I would really try to seek out help, for your sake and that of your dh and dc.

Funkyslippers · 01/01/2025 13:15

LampLamp · 01/01/2025 12:58

My husband is doing loads. He has her every evening from 8:30-12:30.
He does the washing, walks the dogs, cooks dinner. So really I should just have a baby to focus on.

Why does it have to be PND? Why can’t I realise this was a terrible mistake?
If I could give her up for adoption tomorrow I happily would.

But your husband won't be able to do this if you divorce. You'll be doing some of it on your own

Candlesandmatches · 01/01/2025 13:15

A divorce won’t solve this issue. It will cause more misery.
I had PND twice. This sounds very much like PND.
Make an appointment with the health visitor or GP. Ask about PND.
it is possible to enjoy your marriage and your baby and there is help out there for that.

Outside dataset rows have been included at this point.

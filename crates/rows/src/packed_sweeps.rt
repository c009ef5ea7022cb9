//! What canonical PER says of a message that is cut, and of one in which a bit is changed.

use crate::sweeps::with_bit;
use row_format::Row;
use row_format::refusal::{Refusal, refuse};
use std::alloc::{AllocError, Global};
use test_program_answers::asked_in;
use test_program_answers::asnc::{Fault, Kit, number};

/// How many messages were read, how many additions were skipped in them, the sum of the octets of the printed values,
/// and the numbers of the refusals of the other messages.
#[derive(Drop)]
struct Tried {
    read: usize,
    skipped: u64,
    sum: usize,
    refused: Vec<u8>,
}

impl Tried {
    fn new(alloc: Global) -> Tried {
        Tried {
            read: 0,
            skipped: 0,
            sum: 0,
            refused: Vec::new(alloc),
        }
    }

    /// How many refusals have this number.
    fn count(&self, number: u8) -> usize {
        let mut count: usize = 0;
        for other in &self.refused {
            if *other == number {
                count = count.saturating_add(1);
            }
        }
        count
    }
}

/// The sum of the octets of a text.
fn sum_of(text: &str) -> usize {
    let mut sum: usize = 0;
    for octet in text.as_bytes() {
        sum = sum.saturating_add(usize::from(*octet));
    }
    sum
}

/// Reads one more message of the type with this name.
fn try_one(
    alloc: Global,
    kit: &Kit,
    ty: &str,
    octets: &[u8],
    tried: &mut Tried,
) -> Result<(), AllocError> {
    match kit.unper(alloc, ty, octets) {
        Ok((text, skipped)) => {
            tried.read = tried.read.saturating_add(1);
            tried.skipped = tried.skipped.saturating_add(skipped);
            tried.sum = tried.sum.saturating_add(sum_of(text.as_str()));
        }
        Err(Fault::Memory) => return Err(AllocError),
        Err(fault) => tried.refused.push(number(&fault))?,
    }
    Ok(())
}

/// Reads each proper beginning of the octets.
fn cut(alloc: Global, kit: &Kit, ty: &str, octets: &[u8]) -> Result<Tried, AllocError> {
    let mut tried = Tried::new(alloc);
    for n in 0..octets.len() {
        try_one(alloc, kit, ty, &octets[..n], &mut tried)?;
    }
    Ok(tried)
}

/// The bits of an octet, the last one first.
const BITS: [u8; 8] = [1, 2, 4, 8, 16, 32, 64, 128];

/// Reads the octets with each bit changed in turn.
fn change(alloc: Global, kit: &Kit, ty: &str, octets: &[u8]) -> Result<Tried, AllocError> {
    let mut tried = Tried::new(alloc);
    for number in 0..octets.len().saturating_mul(8) {
        let changed = with_bit(alloc, octets, number / 8, BITS[number % 8])?;
        try_one(alloc, kit, ty, changed.as_slice(), &mut tried)?;
    }
    Ok(tried)
}

/// How many refusals have each number.
fn push_refused(text: &mut String, tried: &Tried) -> Result<(), AllocError> {
    text.push_str("\nrefused:")?;
    for number in 0u8..=100 {
        let count = tried.count(number);
        if count > 0 {
            write!(text, " {count} by {number}")?;
        }
    }
    Ok(())
}

/// A line on the beginnings of the octets, and two lines on the octets with one bit changed.
fn lines(alloc: Global, kit: &Kit, ty: &str, octets: &[u8]) -> Result<String, AllocError> {
    let (cut, changed) = (
        cut(alloc, kit, ty, octets)?,
        change(alloc, kit, ty, octets)?,
    );
    let (truncated, beginnings) = (cut.count(90), octets.len());
    let (read, skipped, sum) = (changed.read, changed.skipped, changed.sum);
    let bits = beginnings.saturating_mul(8);
    let mut text = format!(in alloc; "\n{truncated} beginnings truncated of {beginnings}")?;
    write!(
        text,
        "\n{read} changed bits accepted of {bits}, skipped {skipped}, sum {sum}"
    )?;
    push_refused(&mut text, &changed)?;
    Ok(text)
}

/// `packed-sweep NAME WORD..`: the words are those of `asnc unper`. The answer is the value of the octets and the
/// number of skipped additions. A line follows with how many proper beginnings of the octets are refused by 90
/// Truncated. The next line is on the octets with each bit changed in turn: how many are accepted, how many additions
/// are skipped in these, and the sum of all octets of their printed values. The last line says how many of the others
/// are refused by which number.
pub fn sweep(alloc: Global, row: &Row) -> Result<String, Refusal> {
    let asked = asked_in(alloc, row, "asnc")?;
    let kit = match Kit::open(alloc, asked.texts()) {
        Ok(kit) => kit,
        Err(fault) => return Err(refuse(alloc, &fault)),
    };
    let (ty, octets) = (asked.job.ty.as_str(), asked.octets());
    match kit.unper(alloc, ty, octets) {
        Ok((printed, skipped)) => {
            let lines = lines(alloc, &kit, ty, octets)?;
            Ok(format!(in alloc; "{printed}\nskipped {skipped}{lines}")?)
        }
        Err(fault) => Err(refuse(alloc, &fault)),
    }
}
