//! The answer that a row wants: its text named `wanted`.
//!
//! Blanks and line ends don't count. If the text ends with `..`, only the beginning of the answer is compared, with
//! what is before the `..`.

ghost use Rattle.std.specs.Prelude.{◌≡◌, ◌≤◌, ◌+◌, ◌-◌, ◌^◌, min, IfOk, IsSome, None};
ghost use Rattle.rows.specs.Wanted.{dense as dense', is_as_wanted as is_as_wanted'};

use row_format::Row;
use std::alloc::{AllocError, Global};
use test_program_answers::is_wanted;

/// How many rows want an answer, and how many of these have another answer.
#[derive(Clone, Copy, Default)]
pub struct Count {
    pub compared: usize,
    pub different: usize,
}

/// The octets of a text without blanks and line ends.
fn dense(alloc: Global, text: &[u8]) -> Result<Vec<u8>, AllocError>
    ensures { IfOk result (λ v. v.items ≡ dense' text.now) }
{
    text.iter()
        .copied()
        .filter(|octet| !octet.is_ascii_whitespace())
        .collect(alloc)
}

/// Whether an answer is the wanted one.
fn is_as_wanted(alloc: Global, wanted: &[u8], answer: &str) -> Result<bool, AllocError>
    ensures { IfOk result (λ b. b ≡ is_as_wanted' wanted.now answer.now) }
{
    let wanted = dense(alloc, wanted)?;
    let answer = dense(alloc, answer.as_bytes())?;
    let octets = wanted.as_slice();
    if octets.ends_with(b"..") {
        let front = &octets[..octets.len() - 2];
        return Ok(answer.as_slice().starts_with(front));
    }
    Ok(answer == wanted)
}

/// The most octets of a line that are printed.
const SHOWN: usize = 1024;

/// The line, or of a long line its first octets and its number of octets.
fn shown(alloc: Global, line: &str) -> Result<String, AllocError> {
    match line.get(..64) {
        Some(front) if line.len() > SHOWN => {
            let count = line.len();
            format!(in alloc; "{front}.., {count} octets")
        }
        _ => String::from_str(alloc, line),
    }
}

/// Adds the lines of an answer, each with a line end. Of a long line it adds only the beginning.
pub fn push_shown(alloc: Global, lines: &mut String, answer: &str) -> Result<(), AllocError> {
    for line in answer.lines() {
        lines.push_str(shown(alloc, line)?.as_str())?;
        lines.push('\n')?;
    }
    Ok(())
}

/// The wanted answer, if the row's answer is another one. Counts the row if it wants an answer.
pub fn differs<'a>(
    alloc: Global,
    row: &'a Row,
    answer: &str,
    count: &mut Count,
) -> Result<Option<&'a str>, AllocError>
    // A different answer counts as one more, up to the greatest number that the count can have.
    ensures counted { IfOk result (λ wanted.
        IsSome wanted → count.new.different ≡ min (count.old.different + 1) (2 ^ 64 - 1)) }
    // It is one of those that are compared.
    ensures compared { IfOk result (λ wanted.
        IsSome wanted → count.new.compared ≡ min (count.old.compared + 1) (2 ^ 64 - 1)) }
    // No other row counts as different.
    ensures same { IfOk result (λ wanted. wanted ≡ None → count.new.different ≡ count.old.different) }
    ensures kept { count.old.different ≤ count.new.different }
{
    let Some(wanted) = row.texts.iter().find(|text| is_wanted(text)) else {
        return Ok(None);
    };
    count.compared = count.compared.saturating_add(1);
    if is_as_wanted(alloc, wanted.octets.as_slice(), answer)? {
        return Ok(None);
    }
    count.different = count.different.saturating_add(1);
    Ok(Some(std::str::from_utf8(wanted.octets.as_slice()).unwrap_or("no text")))
}
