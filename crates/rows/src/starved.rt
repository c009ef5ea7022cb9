//! The calls of a row, made again with ever more memory.
//!
//! Each answer must be the row's own one, or the refusal for out of memory. A job that takes lines may have answered
//! the first of them before that refusal. The last call has enough memory, and must give the row's own answer.
//!
//! Then a call of the row's opened modules is made again in the same way, since opening needs the most memory.
//!
//! Rows of folders are answered again in the same way by the crates of their folders: all but those with the command
//! `speed`. Each line of such an answer must be the row's own one, or have the fault for out of memory.

use crate::folders::Folder;
use row_format::Row;
use row_format::refusal::Refusal;
use std::alloc::{AllocError, Global};
use std::io;
use test_codec_answers::Samples;
use test_program_answers::{Starving, Task, Way, asked_of, call, text_octets};
use test_starving::{Pool, Starved, Swept, Turn, sweep_in};

/// The answer of a program that ran out of memory.
const REFUSED: &str = "status 3: error 1 Memory: out of memory";

/// The words of such a fault in the answer to a row of a folder.
const NO_MEMORY: &str = "1 Memory";

/// How many blocks of 31 MiB calls have while memory is enough.
const BLOCKS: usize = 60;

/// How many numbers a level of the stack holds that `deepen` uses.
const NUMBERS: usize = 256;

/// How many levels of 2 KiB `deepen` uses, so that calls may use 4 MiB of the stack.
const LEVELS: usize = 2048;

/// Whether an answer is a refusal for out of memory, after none or some of the lines of the row's own answer. Some
/// lines come only before the refusal of a job that takes lines.
fn is_refusal(row: &Row, answer: &str, own: &str) -> bool {
    match answer.strip_suffix(REFUSED) {
        Some("") => true,
        Some(lines) if row.has("--lines") => match own.strip_prefix(lines) {
            Some(rest) => rest.is_empty() || rest.starts_with('\n'),
            None => false,
        },
        _ => false,
    }
}

/// Whether an answer of a folder's crate is a refusal for out of memory: each line that isn't the row's own one has
/// such a fault. If a row wants another answer than that fault, the lines after `answered:` count.
fn has_refusal(answer: &str, own: &str) -> bool {
    let said = match answer.split_once("  answered:\n") {
        Some((_, said)) => said,
        None => answer,
    };
    let mut own_lines = own.lines();
    let mut refused = false;
    for line in said.lines() {
        let is_own = own_lines.next().is_some_and(|other| other == line);
        if line.contains(NO_MEMORY) {
            refused = true;
        } else if !is_own {
            return false;
        }
    }
    refused
}

/// A row that is answered again.
#[derive(Clone, Copy)]
struct Asked<'a> {
    folder: Folder<'a>,
    row: &'a Row,
    is_first: bool,
}

impl Asked<'_> {
    /// The answer to the calls of the row. The sink of a job takes `room` octets without an allocation.
    fn call(&self, alloc: Global, room: usize) -> Result<String, Refusal> {
        if self.folder.is_own() {
            return call(alloc, self.row, room);
        }
        Ok(self.folder.entry(alloc, self.row)?)
    }

    /// By which part of its memory a turn has more than the turn before.
    fn part(&self) -> usize {
        if self.folder.is_own() {
            part(self.row, self.is_first)
        } else {
            folder_part(&self.folder, self.row, self.is_first)
        }
    }

    /// Whether an answer is a refusal for out of memory.
    fn is_refusal(&self, answer: &str, own: &str) -> bool {
        if self.folder.is_own() {
            is_refusal(self.row, answer, own)
        } else {
            has_refusal(answer, own)
        }
    }

    /// The answer to the calls of the row. Rows that sweep have another answer of their own.
    fn own(&self, alloc: Global, answer: &str) -> Result<String, AllocError> {
        if !self.folder.is_own() || !self.row.command().ends_with("sweep") {
            return String::from_str(alloc, answer);
        }
        match self.call(alloc, 0) {
            Ok(answer) => Ok(answer),
            Err(Refusal::Message(words)) => Ok(words),
            Err(Refusal::Memory) => Err(AllocError),
        }
    }
}

/// The calls of a row, the row's own answer, and the first answer that is neither that nor a refusal.
#[derive(Drop)]
struct Again<'a> {
    asked: Asked<'a>,
    own: &'a str,
    other: Option<String>,
}

impl Starved for Again<'_> {
    fn call(&mut self, alloc: Global) -> Turn {
        let answer = match self.asked.call(alloc, self.own.len().saturating_add(1)) {
            Ok(answer) => answer,
            Err(Refusal::Message(words)) => words,
            Err(Refusal::Memory) => return Turn::Refused,
        };
        if answer.as_str() == self.own {
            return Turn::Right;
        }
        if self.asked.is_refusal(answer.as_str(), self.own) {
            return Turn::Refused;
        }
        self.other = Some(answer);
        Turn::Wrong
    }
}

/// The texts of a row are long from this number of octets.
const LONG: usize = 4096;

/// The texts of a row are short below this number of octets.
const SHORT: usize = 100;

/// By which part of its memory a turn has more than the turn before. A row with long texts has fewer turns, and fewer
/// calls that are right. In a row with the word `fine` each turn has 16 octets more, and so in the first row of a file
/// if its texts are short.
fn part(row: &Row, is_first: bool) -> usize {
    let octets = text_octets(row);
    if row.has("fine") || (is_first && octets < SHORT) {
        usize::MAX
    } else if octets < LONG {
        4
    } else {
        1
    }
}

/// The same for a row of a folder. In the first row of a file each turn has 16 octets more, below 4 KiB. In others it
/// has a sixteenth more, and answers that take long have few turns.
fn folder_part(folder: &Folder<'_>, row: &Row, is_first: bool) -> usize {
    if folder.takes_long() || text_octets(row) >= LONG {
        1
    } else if is_first {
        256
    } else {
        16
    }
}

/// The same for a call of a row's opened modules, which needs less memory.
fn opened_part(row: &Row, is_first: bool) -> usize {
    if row.has("fine") || is_first {
        usize::MAX
    } else if text_octets(row) < LONG {
        16
    } else {
        1
    }
}

/// A number that depends on all octets of the texts of a row.
fn digest(row: &Row) -> u64 {
    let mut digest: u64 = 0;
    for text in &row.texts {
        digest = digest_of(digest, text.octets.as_slice());
    }
    digest
}

/// A number that depends on another one and on octets.
fn digest_of(before: u64, octets: &[u8]) -> u64 {
    let mut digest = before;
    for octet in octets {
        digest = digest.wrapping_mul(1_099_511_628_211) ^ u64::from(*octet);
    }
    digest
}

/// What is found of a row: calls that were refused and then right, none that were refused, or this answer.
#[derive(Drop)]
enum Found {
    Right,
    NeverRefused,
    Other(String),
}

/// What is found by a sweep. `other` is the first other answer.
fn outcome_of(swept: Swept, other: String) -> Found {
    match swept {
        Swept::Endless => Found::NeverRefused,
        Swept::Through { refused: 0, .. } => Found::NeverRefused,
        Swept::Through { .. } => Found::Right,
        Swept::Wrong(_) => Found::Other(other),
    }
}

/// Makes the calls of a row with this answer again with ever more memory.
fn sweep(
    alloc: Global,
    pool: &mut Pool,
    asked: Asked<'_>,
    answer: &str,
) -> Result<Found, AllocError> {
    let own = asked.own(alloc, answer)?;
    let before = digest(asked.row);
    let mut again = Again {
        asked,
        own: own.as_str(),
        other: None,
    };
    let swept = sweep_in(alloc, pool, asked.part(), &mut again);
    let other = match again.other {
        Some(other) => other,
        None => String::from_str(alloc, "no answer with enough memory")?,
    };
    if digest(asked.row) != before {
        return Ok(Found::Other(String::from_str(alloc, "a change of the row")?));
    }
    Ok(outcome_of(swept, other))
}

/// Uses this many levels of the stack. The result depends on what each of them holds, and is never 0.
fn deepen(levels: usize, place: usize) -> u64 {
    let mut numbers = [0u64; NUMBERS];
    numbers[place % NUMBERS] = u64::MAX;
    let below = if levels == 0 {
        1
    } else {
        deepen(levels - 1, place.wrapping_add(1))
    };
    below | numbers[levels % NUMBERS]
}

/// Takes all memory but what calls have while it is enough. There is none if memory has no end. Before that the stack
/// is made as deep as calls may need it: it can't grow once all memory is taken.
pub fn all_memory(alloc: Global, files: usize) -> Result<Option<Pool>, AllocError> {
    if deepen(LEVELS, files) == 0 {
        return Ok(None);
    }
    Pool::new(alloc, BLOCKS)
}

/// How many calls were refused and then right, how many were never refused, and how many were answered otherwise.
#[derive(Clone, Copy, Default)]
struct Tally {
    right: usize,
    never: usize,
    wrong: usize,
}

impl Tally {
    /// Counts what is found of a row. Prints an answer that is neither the row's own one nor a refusal.
    fn count(&mut self, rt: &HostRuntime, row: &Row, found: Found) -> io::Result<()> {
        match found {
            Found::Right => self.right = self.right.saturating_add(1),
            Found::NeverRefused => self.never = self.never.saturating_add(1),
            Found::Other(other) => {
                self.wrong = self.wrong.saturating_add(1);
                let title = row.title(rt.alloc())?;
                println!(rt; "{title}: {other}")?;
            }
        }
        Ok(())
    }

    /// Makes a call of a row's opened modules again with ever more memory, and counts what is found. Of the calls that
    /// there are for a value each third row has the same.
    fn count_call(
        &mut self,
        rt: &HostRuntime,
        pool: &mut Pool,
        row: &Row,
        place: usize,
    ) -> io::Result<()> {
        let alloc = rt.alloc();
        let Ok(asked) = asked_of(alloc, row) else {
            return Ok(());
        };
        let task = Task::of(alloc, row, &asked);
        let way = match place % 3 {
            1 if task.has(Way::Given) => Way::Given,
            2 if task.has(Way::Made) => Way::Made,
            _ => Way::Command,
        };
        if !task.has(way) {
            return Ok(());
        }
        let wanted = task.wanted(alloc, way)?;
        let mut call = Starving {
            task: &task,
            way,
            wanted: &wanted,
        };
        let swept = sweep_in(alloc, pool, opened_part(row, place == 0), &mut call);
        let other = String::from_str(alloc, "another answer of opened modules")?;
        self.count(rt, row, outcome_of(swept, other))
    }

    /// Prints what was found of a file.
    fn print(&self, rt: &HostRuntime, file: &str, what: &str) -> io::Result<()> {
        let Tally {
            right,
            never,
            wrong,
        } = *self;
        println!(rt;
            "{file}: {right} {what} refused with less memory, {never} never, {wrong} answered otherwise"
        )
    }
}

/// The rows of a file, and the answers to them.
#[derive(Drop)]
pub struct Answered {
    pub file: String,
    pub rows: Vec<Row>,
    pub answers: Vec<String>,
}

impl Answered {
    /// Answers each row again with ever more memory, and makes the calls of its opened modules. Prints the answers that
    /// are neither the row's own one nor a refusal, and how many rows and calls were refused and then right.
    pub fn answer_again(
        &self,
        rt: &HostRuntime,
        samples: &Samples,
        pool: &mut Pool,
    ) -> io::Result<()> {
        let file = self.file.as_str();
        let folder = Folder::of(file, samples);
        let (mut whole, mut opened) = (Tally::default(), Tally::default());
        let mut place: usize = 0;
        for (row, answer) in self.rows.iter().zip(self.answers.iter()) {
            if row.command() == "speed" {
                continue;
            }
            let asked = Asked {
                folder,
                row,
                is_first: place == 0,
            };
            let found = sweep(rt.alloc(), pool, asked, answer.as_str())?;
            whole.count(rt, row, found)?;
            if folder.is_own() {
                opened.count_call(rt, pool, row, place)?;
            }
            place = place.saturating_add(1);
        }
        whole.print(rt, file, "rows")?;
        if folder.is_own() {
            opened.print(rt, file, "calls of opened modules")?;
        }
        Ok(())
    }
}
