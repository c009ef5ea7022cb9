//! The messages and accounts of rows, changed in each place.
//!
//! A message is the octets that a row gives or that it asks for. Each proper beginning of it must be refused as
//! truncated. With one bit changed it must be refused by its reader, or it is another message: its value, written and
//! read again, is the same, and by distinguished rules the octets are the same too. Of an account each number is one up
//! or down, each row is left out, doubled or of another kind: then no answer may be yes. With one bit of its octets
//! changed the answer must be no.

use crate::sweeps::{with_bit, wrong_answers};
use row_format::Row;
use std::alloc::{AllocError, Global};
use test_program_answers::asnc::{Fault, Kit, Rules, ValueGiven, number};
use test_program_answers::command_line::Verb;
use test_program_answers::{Asked, asked_of};

/// The most octets of a message that is changed.
const MOST: usize = 600;

/// The rules of a message.
#[derive(Clone, Copy, PartialEq, Eq)]
enum Coding {
    Tagged(Rules),
    Packed,
}

/// A message of a row. `given`: the row gives it, so that it may be refused.
#[derive(Drop)]
struct Message {
    octets: Vec<u8>,
    coding: Coding,
    given: bool,
}

/// Reads and writes messages of one type.
#[derive(Drop)]
struct Codec<'a> {
    kit: &'a Kit,
    ty: &'a str,
    coding: Coding,
}

impl Codec<'_> {
    /// The value of a message as a text, and how many additions were skipped; or the number of the refusal.
    fn read(&self, alloc: Global, octets: &[u8]) -> Result<(String, u64), u8> {
        let answer = match self.coding {
            Coding::Tagged(rules) => self.kit.ber(alloc, self.ty, octets, rules),
            Coding::Packed => self.kit.unper(alloc, self.ty, octets),
        };
        match answer {
            Ok(read) => Ok(read),
            Err(fault) => Err(number(&fault)),
        }
    }

    /// The message of a value, by distinguished or packed rules. Nothing if it is refused.
    fn write(&self, alloc: Global, text: &str) -> Option<Vec<u8>> {
        let value = ValueGiven::Written(text.as_bytes());
        match self.coding {
            Coding::Tagged(_) => match self.kit.der(alloc, self.ty, value) {
                Ok((octets, _account)) => Some(octets),
                Err(_) => None,
            },
            Coding::Packed => match self.kit.uper(alloc, self.ty, value) {
                Ok(octets) => Some(octets),
                Err(_) => None,
            },
        }
    }

    /// The same by distinguished rules in place of basic ones.
    fn strict(&self) -> Codec<'_> {
        let coding = match self.coding {
            Coding::Tagged(_) => Coding::Tagged(Rules::Der),
            Coding::Packed => Coding::Packed,
        };
        Codec {
            kit: self.kit,
            ty: self.ty,
            coding,
        }
    }

    /// Whether a value that was read from octets is written and read again as the same value. If no addition was
    /// skipped, distinguished octets are the same too, and so is the text, but for basic octets, which may have zero
    /// bits after named ones, or members in another order.
    fn comes_back(&self, alloc: Global, octets: &[u8], text: &str, skipped: u64) -> bool {
        let strict = self.strict();
        let Some(again) = strict.write(alloc, text) else {
            return false;
        };
        let whole = skipped == 0 && strict.coding == self.coding;
        if whole && self.coding != Coding::Packed && again.as_slice() != octets {
            return false;
        }
        let same = match strict.read(alloc, again.as_slice()) {
            Ok((same, 0)) => same,
            _ => return false,
        };
        if whole && same.as_str() != text {
            return false;
        }
        match strict.write(alloc, same.as_str()) {
            Some(last) => last.as_slice() == again.as_slice(),
            None => false,
        }
    }

    /// Whether octets are refused by the reader, or as a value that comes back.
    fn is_right(&self, alloc: Global, octets: &[u8]) -> bool {
        match self.read(alloc, octets) {
            Ok((text, skipped)) => self.comes_back(alloc, octets, text.as_str(), skipped),
            Err(number) => number == 2 || (number >= 80 && number < 100),
        }
    }

    /// How many proper beginnings of a message have another answer than that they are truncated.
    fn wrong_beginnings(&self, alloc: Global, octets: &[u8]) -> usize {
        let truncated = match self.coding {
            Coding::Tagged(_) => 80,
            Coding::Packed => 90,
        };
        let mut wrong: usize = 0;
        for n in 0..octets.len() {
            match self.read(alloc, &octets[..n]) {
                Err(number) if number == truncated => {}
                _ => wrong = wrong.saturating_add(1),
            }
        }
        wrong
    }

    /// How many messages with one bit of this octet changed have a wrong answer.
    fn wrong_bits_of(
        &self,
        alloc: Global,
        octets: &[u8],
        place: usize,
    ) -> Result<usize, AllocError> {
        let mut wrong: usize = 0;
        for bit in &[1u8, 2, 4, 8, 16, 32, 64, 128] {
            let changed = with_bit(alloc, octets, place, *bit)?;
            if !self.is_right(alloc, changed.as_slice()) {
                wrong = wrong.saturating_add(1);
            }
        }
        Ok(wrong)
    }

    /// How many messages with one bit changed have a wrong answer.
    fn wrong_bits(&self, alloc: Global, octets: &[u8]) -> Result<usize, AllocError> {
        let mut wrong: usize = 0;
        for place in 0..octets.len() {
            wrong = wrong.saturating_add(self.wrong_bits_of(alloc, octets, place)?);
        }
        Ok(wrong)
    }
}

/// The octets that an answer is the hexadecimal digits of; no octets if it isn't.
fn octets_in(alloc: Global, answer: &str) -> Vec<u8> {
    match hex::decode(alloc, answer.as_bytes()) {
        Ok(octets) => octets,
        Err(_) => Vec::new(alloc),
    }
}

/// The octets that a job gives.
fn given_octets(alloc: Global, asked: &Asked) -> Result<Vec<u8>, AllocError> {
    let mut octets = Vec::new(alloc);
    octets.extend_from_slice(asked.octets())?;
    Ok(octets)
}

/// The message that a job gives or asks for, if there is one.
fn message_of(alloc: Global, asked: &Asked, answer: &str) -> Result<Option<Message>, AllocError> {
    let (coding, given, octets) = match asked.job.verb {
        Verb::Der => (Coding::Tagged(Rules::Der), false, octets_in(alloc, answer)),
        Verb::Uper => (Coding::Packed, false, octets_in(alloc, answer)),
        Verb::Ber if asked.job.strict => {
            (
                Coding::Tagged(Rules::Der),
                true,
                given_octets(alloc, asked)?,
            )
        }
        Verb::Ber => (
            Coding::Tagged(Rules::Ber),
            true,
            given_octets(alloc, asked)?,
        ),
        Verb::Unper => (Coding::Packed, true, given_octets(alloc, asked)?),
        Verb::Account | Verb::List | Verb::Later | Verb::Show | Verb::Check => return Ok(None),
    };
    if octets.is_empty() || octets.len() > MOST {
        return Ok(None);
    }
    Ok(Some(Message {
        octets,
        coding,
        given,
    }))
}

/// How many messages and accounts were changed, and how many of their changes had a wrong answer.
#[derive(Clone, Copy, Default)]
pub struct Changes {
    pub messages: usize,
    pub accounts: usize,
    pub wrong: usize,
}

impl Changes {
    /// Changes the message of a job, if the message is accepted.
    fn change_message(
        &mut self,
        alloc: Global,
        asked: &Asked,
        message: &Message,
    ) -> Result<(), AllocError> {
        let kit = match Kit::open(alloc, asked.texts()) {
            Ok(kit) => kit,
            Err(Fault::Memory) => return Err(AllocError),
            Err(_) => return Ok(()),
        };
        let codec = Codec {
            kit: &kit,
            ty: asked.job.ty.as_str(),
            coding: message.coding,
        };
        let octets = message.octets.as_slice();
        if codec.read(alloc, octets).is_err() {
            if !message.given {
                self.wrong = self.wrong.saturating_add(1);
            }
            return Ok(());
        }
        let beginnings = codec.wrong_beginnings(alloc, octets);
        let bits = codec.wrong_bits(alloc, octets)?;
        self.messages = self.messages.saturating_add(1);
        self.wrong = self.wrong.saturating_add(beginnings).saturating_add(bits);
        Ok(())
    }

    /// Changes the account of a job, if the answer is yes.
    fn change_account(
        &mut self,
        alloc: Global,
        asked: &Asked,
        answer: &str,
    ) -> Result<(), AllocError> {
        if answer != "yes" {
            return Ok(());
        }
        let text = str::from_utf8(asked.account()).unwrap_or("").trim();
        self.accounts = self.accounts.saturating_add(1);
        self.wrong = self
            .wrong
            .saturating_add(wrong_answers(alloc, asked, text)?);
        Ok(())
    }

    /// Changes the message or the account of a row with this answer, if it has one. Returns how many changes had a
    /// wrong answer.
    pub fn change(&mut self, alloc: Global, row: &Row, answer: &str) -> Result<usize, AllocError> {
        let before = self.wrong;
        let asked = match asked_of(alloc, row) {
            Ok(asked) => asked,
            Err(_) => return Ok(0),
        };
        if asked.job.raw {
            return Ok(0);
        }
        match asked.job.verb {
            Verb::Check => self.change_account(alloc, &asked, answer)?,
            _ => {
                if let Some(message) = message_of(alloc, &asked, answer)? {
                    self.change_message(alloc, &asked, &message)?;
                }
            }
        }
        Ok(self.wrong.saturating_sub(before))
    }
}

BeLilacSloth · 01/01/2025 13:15

JustCrow · 01/01/2025 13:12

The way you talk about your baby is worrying. If a man wrote the OP, everyone would be urging him to get away from the baby for its own safety. I’m prepared for the onslaught of “The OP is probably depressed” comments; that might well be true but I still think she needs to tell her husband how she’s feeling and get away from the baby.

Exactly my thoughts, just read through all of OP’s posts and sounds like she’s serious in really not wanting the baby. I’m worried for this poor child.

LampLamp · 01/01/2025 13:15

JustCrow · 01/01/2025 13:12

The way you talk about your baby is worrying. If a man wrote the OP, everyone would be urging him to get away from the baby for its own safety. I’m prepared for the onslaught of “The OP is probably depressed” comments; that might well be true but I still think she needs to tell her husband how she’s feeling and get away from the baby.

I wouldn’t hurt her, if that’s what you’re suggesting, never. It has never even crossed my mind.